What you should do >> Lines with "push": state how many there are in the records below, and nothing else.

□ □ □ □ □

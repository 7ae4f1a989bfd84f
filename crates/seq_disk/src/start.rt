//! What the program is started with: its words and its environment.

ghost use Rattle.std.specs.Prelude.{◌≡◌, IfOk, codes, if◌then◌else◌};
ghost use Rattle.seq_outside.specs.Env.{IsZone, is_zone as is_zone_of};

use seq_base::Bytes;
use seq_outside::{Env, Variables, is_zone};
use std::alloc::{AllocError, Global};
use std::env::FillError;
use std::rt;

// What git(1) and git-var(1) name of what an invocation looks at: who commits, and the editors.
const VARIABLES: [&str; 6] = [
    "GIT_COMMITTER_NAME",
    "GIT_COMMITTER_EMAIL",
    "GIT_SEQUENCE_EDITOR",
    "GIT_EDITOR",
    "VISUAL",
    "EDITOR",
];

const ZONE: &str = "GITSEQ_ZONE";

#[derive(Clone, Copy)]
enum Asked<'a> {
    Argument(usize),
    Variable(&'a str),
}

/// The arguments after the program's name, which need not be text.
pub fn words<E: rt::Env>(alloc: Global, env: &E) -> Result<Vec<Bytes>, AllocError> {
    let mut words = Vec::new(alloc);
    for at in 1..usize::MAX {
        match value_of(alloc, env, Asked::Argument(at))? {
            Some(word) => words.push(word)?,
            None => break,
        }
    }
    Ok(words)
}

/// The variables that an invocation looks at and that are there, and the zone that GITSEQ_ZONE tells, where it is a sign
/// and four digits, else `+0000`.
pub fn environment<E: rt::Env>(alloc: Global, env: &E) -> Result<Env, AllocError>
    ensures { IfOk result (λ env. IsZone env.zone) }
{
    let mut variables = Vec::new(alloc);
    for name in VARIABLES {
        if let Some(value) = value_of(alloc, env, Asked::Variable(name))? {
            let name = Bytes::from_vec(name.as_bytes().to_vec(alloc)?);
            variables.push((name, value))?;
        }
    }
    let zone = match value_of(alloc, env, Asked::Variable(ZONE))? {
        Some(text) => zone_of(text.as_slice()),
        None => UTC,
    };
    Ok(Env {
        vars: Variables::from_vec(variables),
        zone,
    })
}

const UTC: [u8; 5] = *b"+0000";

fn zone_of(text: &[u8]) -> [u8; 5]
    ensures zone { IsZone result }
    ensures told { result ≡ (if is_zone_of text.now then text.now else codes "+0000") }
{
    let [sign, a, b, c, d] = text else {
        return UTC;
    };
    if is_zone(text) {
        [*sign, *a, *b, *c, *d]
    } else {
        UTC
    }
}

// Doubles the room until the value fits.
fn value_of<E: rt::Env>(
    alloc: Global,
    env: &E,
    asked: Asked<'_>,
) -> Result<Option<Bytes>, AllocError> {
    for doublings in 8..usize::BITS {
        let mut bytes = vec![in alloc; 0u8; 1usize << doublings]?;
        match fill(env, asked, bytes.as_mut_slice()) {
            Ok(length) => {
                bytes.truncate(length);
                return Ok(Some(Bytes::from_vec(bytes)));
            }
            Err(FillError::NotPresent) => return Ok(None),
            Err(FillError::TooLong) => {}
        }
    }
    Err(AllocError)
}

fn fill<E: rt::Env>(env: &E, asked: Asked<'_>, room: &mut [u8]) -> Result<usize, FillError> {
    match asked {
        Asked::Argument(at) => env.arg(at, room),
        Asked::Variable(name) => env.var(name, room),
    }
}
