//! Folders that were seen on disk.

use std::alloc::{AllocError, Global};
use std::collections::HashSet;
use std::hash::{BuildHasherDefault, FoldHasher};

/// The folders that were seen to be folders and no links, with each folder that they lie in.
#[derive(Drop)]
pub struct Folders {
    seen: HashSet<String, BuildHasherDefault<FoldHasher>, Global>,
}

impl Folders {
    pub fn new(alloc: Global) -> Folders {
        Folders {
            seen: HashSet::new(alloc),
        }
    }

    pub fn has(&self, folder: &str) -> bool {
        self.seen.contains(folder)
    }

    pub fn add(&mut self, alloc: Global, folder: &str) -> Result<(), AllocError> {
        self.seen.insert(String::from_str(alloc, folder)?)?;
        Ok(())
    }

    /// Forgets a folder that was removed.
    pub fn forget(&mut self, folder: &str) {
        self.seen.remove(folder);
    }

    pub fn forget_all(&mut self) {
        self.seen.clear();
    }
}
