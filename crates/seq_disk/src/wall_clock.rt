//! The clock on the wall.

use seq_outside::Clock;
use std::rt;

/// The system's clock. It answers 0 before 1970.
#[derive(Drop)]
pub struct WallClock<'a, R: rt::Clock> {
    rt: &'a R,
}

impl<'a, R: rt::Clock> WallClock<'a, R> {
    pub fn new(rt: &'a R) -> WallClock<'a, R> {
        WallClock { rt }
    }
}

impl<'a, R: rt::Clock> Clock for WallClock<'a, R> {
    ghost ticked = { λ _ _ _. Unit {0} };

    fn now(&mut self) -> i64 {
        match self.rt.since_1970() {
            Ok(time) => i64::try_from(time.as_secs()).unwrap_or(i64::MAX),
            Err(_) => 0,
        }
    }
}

□ □ □ □ □

Task solution >> 2